Atas situasi tersebut, rakyat bersama Ikatan Pelajar Mahasiswa asal Dogiyai Kota Nabire menyampaikan tujuh poin sikap tegas. Pernyataan ini, menurut mereka, merupakan bentuk tanggung jawab moral terhadap penderitaan rakyat Dogiyai yang terus menjadi korban.
Pertama, mengecam keras tindakan brutal aparat TNI/Polri di Kab. Dogiyai yang melakukan penembakan secara liar dan menyebabkan empat warga terkena peluru serta satu orang tewas pada 20 Oktober 2025.
Kedua, meminta agar penembakan liar segera dihentikan karena hanya akan memperbanyak korban sipil yang tidak bersalah.
Ketiga, mendesak TNI/Polri menghentikan sweeping berskala besar yang berlangsung dalam beberapa hari terakhir. Mereka menilai langkah itu hanya memperparah ketegangan dan mengganggu suasana kondusif di Dogiyai.
Keempat, menolak dan meminta penghentian pendropan militer organik maupun non-organik di seluruh Tanah Papua. IPMD menilai, pengerahan militer berlebihan justru menimbulkan rasa takut dan memperdalam luka rakyat Papua.
Kelima, menuntut agar pelaku penembakan terhadap 12 warga sipil di Intan Jaya segera diadili secara terbuka. Bagi mereka, keadilan bagi korban kekerasan negara tidak boleh terus diabaikan.
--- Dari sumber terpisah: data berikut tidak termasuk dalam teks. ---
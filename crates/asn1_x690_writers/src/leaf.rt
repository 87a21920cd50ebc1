//! The contents octets of a value of one part.

ghost use Rattle.std.specs.Prelude.{◌≡◌, ◌*◌, ◌^◌, ◌<◌, false, length};
ghost use Rattle.asn1_x690_writers.specs.Leaf.{is_frequent, leaf_in, IsLeftOut};
ghost use Rattle.asn1_x690_writers.specs.Put.{IsPut, LeftAt};
ghost use Rattle.asn1_x691_writers.specs.Put.{piece_in};

use crate::bit_strings::put_bit_string;
use crate::enumerations::put_enumerated;
use crate::integers::{put_integer, put_integer_at_least, put_integer_between};
use crate::octet_strings::{put_kept, put_octet_string};
use crate::simple::{put_boolean, put_null};
use crate::texts::put_text;
use crate::times::put_time;
use crate::utf8_strings::put_utf8_string;
use asn1_schema::{MisfitKind, Node, Part, Range};
use asn1_x690::TypeTags;
use asn1_x691_writers::{ContentsKind, Writer, reject};

/// Writes the contents octets of a part, as a value of a type of one part. Returns whether it did.
/// If it returns `false`, the state has the reason.
#[inline(always)]
pub fn put_leaf(
    octets: &mut [u8],
    ranges: &[Range],
    numbers: &[i128],
    tags: &TypeTags,
    kind: &Node,
    source: &[u8],
    part: &Part,
    node: usize,
    state: &mut Writer,
) -> bool
    requires size { 8 * length octets.old < 2 ^ 64 }
    requires source { 8 * length source.now < 2 ^ 64 }
    ensures { IsPut (LeftAt (IsLeftOut source.now kind.now part.now (piece_in ranges.now source.now part.now)) node state.new) (leaf_in ranges.now numbers.now node tags.now kind.now)
        (piece_in ranges.now source.now part.now) octets.old state.old octets.new state.new result }
{
    match *kind {
        Node::OctetString {
            length,
            is_extensible,
        } => put_octet_string(octets, length, is_extensible, source, *part, node, state),
        Node::ObjectIdentifier => {
            put_kept(
                octets,
                ContentsKind::ObjectIdentifier,
                source,
                *part,
                node,
                state,
            )
        }
        _ => put_rare_leaf(
            octets, ranges, numbers, tags, kind, source, part, node, state,
        ),
    }
}

/// Writes the contents octets of a part, as a value of one of the rarer types of one part.
// A hint to inline a function that would grow very large is dropped. The callers of `put_leaf` have that hint, and
// keep it where this is a call.
#[inline(never)]
fn put_rare_leaf(
    octets: &mut [u8],
    ranges: &[Range],
    numbers: &[i128],
    tags: &TypeTags,
    kind: &Node,
    source: &[u8],
    part: &Part,
    node: usize,
    state: &mut Writer,
) -> bool
    requires size { 8 * length octets.old < 2 ^ 64 }
    requires source { 8 * length source.now < 2 ^ 64 }
    requires rare { is_frequent kind.now ≡ false }
    ensures { IsPut (LeftAt (IsLeftOut source.now kind.now part.now (piece_in ranges.now source.now part.now)) node state.new) (leaf_in ranges.now numbers.now node tags.now kind.now)
        (piece_in ranges.now source.now part.now) octets.old state.old octets.new state.new result }
{
    match *kind {
        Node::Null => put_null(octets, *part, node, state),
        Node::Boolean => put_boolean(octets, *part, node, state),
        Node::RelativeIdentifier => {
            put_kept(
                octets,
                ContentsKind::RelativeIdentifier,
                source,
                *part,
                node,
                state,
            )
        }
        Node::Utf8String => put_utf8_string(octets, source, *part, node, state),
        Node::Real => put_kept(octets, ContentsKind::Real, source, *part, node, state),
        Node::Time { kind } => put_time(octets, ranges, kind, source, *part, node, state),
        Node::IntegerBetween {
            bounds,
            is_extensible,
        } => put_integer_between(octets, bounds, is_extensible, source, *part, node, state),
        Node::IntegerAtLeast {
            bound,
            is_extensible,
        } => put_integer_at_least(octets, bound, is_extensible, source, *part, node, state),
        Node::Integer => put_integer(octets, source, *part, node, state),
        Node::Enumerated {
            last,
            is_extensible,
            additions,
        } => {
            put_enumerated(
                octets,
                numbers,
                *tags,
                last,
                is_extensible,
                additions,
                source,
                *part,
                node,
                state,
            )
        }
        Node::BitString {
            length,
            is_extensible,
            has_names,
        } => {
            put_bit_string(
                octets,
                length,
                is_extensible,
                has_names,
                source,
                *part,
                node,
                state,
            )
        }
        Node::Text {
            length,
            is_extensible,
            alphabet,
            whole,
        } => {
            put_text(
                octets,
                ranges,
                tags.characters,
                length,
                is_extensible,
                alphabet,
                whole,
                source,
                *part,
                node,
                state,
            )
        }
        _ => reject(state, node, MisfitKind::NoNode),
    }
}
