//! ENUMERATED (X.690 8.4).

ghost use Rattle.std.specs.Prelude.{ℤ, true, false, ◌≡◌, ◌+◌, ◌*◌, ◌<◌, ◌^◌, ℕ, List, IfSome, None, length, slice_range};
ghost use Rattle.asn1_bits.specs.Bits.{bits};
ghost use Rattle.asn1_schema.specs.declared.tables.Node.TheVariants.{Enumerated};
ghost use Rattle.asn1_schema.specs.declared.tables.Range.{Range};
ghost use Rattle.asn1_schema.specs.Pieces.{Unknown};
ghost use Rattle.asn1_schema.specs.PiecesOfParts.{bits_of};
ghost use Rattle.asn1_x690.specs.declared.fault.FaultKind.TheVariants.{NotPermitted};
ghost use Rattle.asn1_x690.specs.Leaves.{IsEnumerated, IsFirst, IsPermittedValue, leaf_of};
ghost use Rattle.asn1_x690_leaves.specs.Told.{AreOctetsOf};
ghost use Rattle.asn1_x690_writers.specs.Leaf.{leaf_in};
ghost use Rattle.asn1_x690_writers.specs.Put.{IsPut};
ghost use Rattle.asn1_x691_writers.specs.Put.{piece_in};

use crate::integers::put_number_octets;
use crate::octets::put_span;
use asn1_schema::{MisfitKind, Part, Span};
use asn1_x690::{FaultKind, TypeTags};
use asn1_x690_leaves::enumerated;
use asn1_x691_writers::{Writer, clip, reject};

/// Returns the number at an index, unless it is at an earlier one too.
fn first_at(numbers: &[i128], index: usize) -> Option<i128>
    ensures some { IfSome result (λ n. IsFirst numbers.now index n) }
    ensures none { result ≡ None → (n : ℤ) → IsFirst numbers.now index n → ⊥ }
{
    let number = *numbers.get(index)?;
    for (i, other) in numbers.iter().enumerate() {
        if i >= index {
            return Some(number);
        }
        if *other == number {
            return None;
        }
    }
    Some(number)
}

/// Returns whether a fault is that of a value outside the type.
fn is_outside(kind: FaultKind) -> bool
    ensures yes { result ≡ true → kind ≡ NotPermitted }
    ensures no { result ≡ false → kind ≡ NotPermitted → ⊥ }
{
    kind == FaultKind::NotPermitted
}

/// Returns whether octets are a number that is none of these.
fn is_unknown(source: &[u8], span: Span, numbers: &[i128]) -> bool
    requires source { 8 * length source.now < 2 ^ 64 }
    requires contents { AreOctetsOf (bits source.now) span }
    ensures yes { result ≡ true → IsEnumerated numbers.now (Unknown (bits_of (bits source.now) span)) (bits_of (bits source.now) span) }
    ensures no { result ≡ false → IsEnumerated numbers.now (Unknown (bits_of (bits source.now) span)) (bits_of (bits source.now) span) → ⊥ }
{
    match enumerated(source, span, numbers, false) {
        Ok(_) => false,
        Err(kind) => is_outside(kind),
    }
}

/// Writes the number of a value, or one that the type does not know.
fn put_value(
    octets: &mut [u8],
    numbers: &[i128],
    is_extensible: bool,
    source: &[u8],
    part: Part,
    node: usize,
    state: &mut Writer,
) -> bool
    requires size { 8 * length octets.old < 2 ^ 64 }
    requires source { 8 * length source.now < 2 ^ 64 }
    ensures { (ranges : List Range) → IsPut ⊥ (leaf_of (IsEnumerated numbers.now) (IsPermittedValue is_extensible) (λ p. p) node) (piece_in ranges source.now part)
        octets.old state.old octets.new state.new result }
{
    match part {
        Part::Enumerated(index) => {
            match first_at(numbers, index) {
                None => reject(state, node, MisfitKind::NoEncoding),
                Some(number) => {
                    state.at = put_number_octets(octets, state.at, number);
                    true
                }
            }
        }
        Part::Unknown(span) => {
            let inside = clip(source, span);
            if !is_extensible {
                return reject(state, node, MisfitKind::NoEncoding);
            }
            if inside.count % 8 > 0 {
                return reject(state, node, MisfitKind::NoEncoding);
            }
            if !is_unknown(source, inside, numbers) {
                return reject(state, node, MisfitKind::NoEncoding);
            }
            state.at = put_span(octets, state.at, source, inside.at, inside.count);
            true
        }
        _ => reject(state, node, MisfitKind::NoEncoding),
    }
}

/// Returns `count` numbers of the table from an index on, those that it has.
fn numbers_in(numbers: &[i128], from: usize, count: usize) -> &[i128]
    requires { count < 2 ^ 34 }
    ensures { result.now ≡ slice_range numbers.now from (from + count) }
{
    let (_, rest) = numbers.split_at(from.min(numbers.len()));
    let (found, _) = rest.split_at(count.min(rest.len()));
    found
}

/// Writes the number of a value of an ENUMERATED, which has its numbers in the table.
pub(crate) fn put_enumerated(
    octets: &mut [u8],
    numbers: &[i128],
    tags: TypeTags,
    last: u32,
    is_extensible: bool,
    additions: u32,
    source: &[u8],
    part: Part,
    node: usize,
    state: &mut Writer,
) -> bool
    requires size { 8 * length octets.old < 2 ^ 64 }
    requires source { 8 * length source.now < 2 ^ 64 }
    ensures { (ranges : List Range) → IsPut ⊥ (leaf_in ranges numbers.now node tags (Enumerated last is_extensible additions)) (piece_in ranges source.now part)
        octets.old state.old octets.new state.new result }
{
    let additions = if is_extensible { additions as usize } else { 0 };
    let values = numbers_in(numbers, tags.numbers, last as usize + 1 + additions);
    put_value(octets, values, is_extensible, source, part, node, state)
}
Keenam, meminta Kapolres Dogiyai menghentikan kriminalisasi terhadap KNPB Wilayah Dogiyai serta warga dan pemuda Dogiyai. IPMD menilai praktik kriminalisasi itu dilakukan untuk menutupi kesalahan aparat keamanan sendiri.
Ketujuh, menegaskan penolakan terhadap rencana pemekaran Daerah Otonomi Baru (DOB) Mapia Raya. Mereka menyebut, aspirasi penolakan sudah disampaikan ke pusat melalui pansus, dan bila diabaikan, rakyat Dogiyai bersama pelajar serta mahasiswa siap melakukan mobilisasi dan turun ke jalan.
Dalam penutupnya, IPMD menyampaikan bahwa pernyataan ini dibuat dengan tegas dan penuh tanggung jawab. Mereka menegaskan, bila suara rakyat diabaikan, rakyat Dogiyai bersama pelajar dan mahasiswa akan bangkit dan turun jalan untuk menuntut keadilan.
“Demikian pernyataan ini kami sampaikan dengan tegas dan penuh tanggung jawab. Dan apabila pernyataan kami tidak diindahkan, maka rakyat Dogiyai bersama pelajar mahasiswa siap mobilisasi dan turun jalan,” tegas IPMD dalam rilisnya.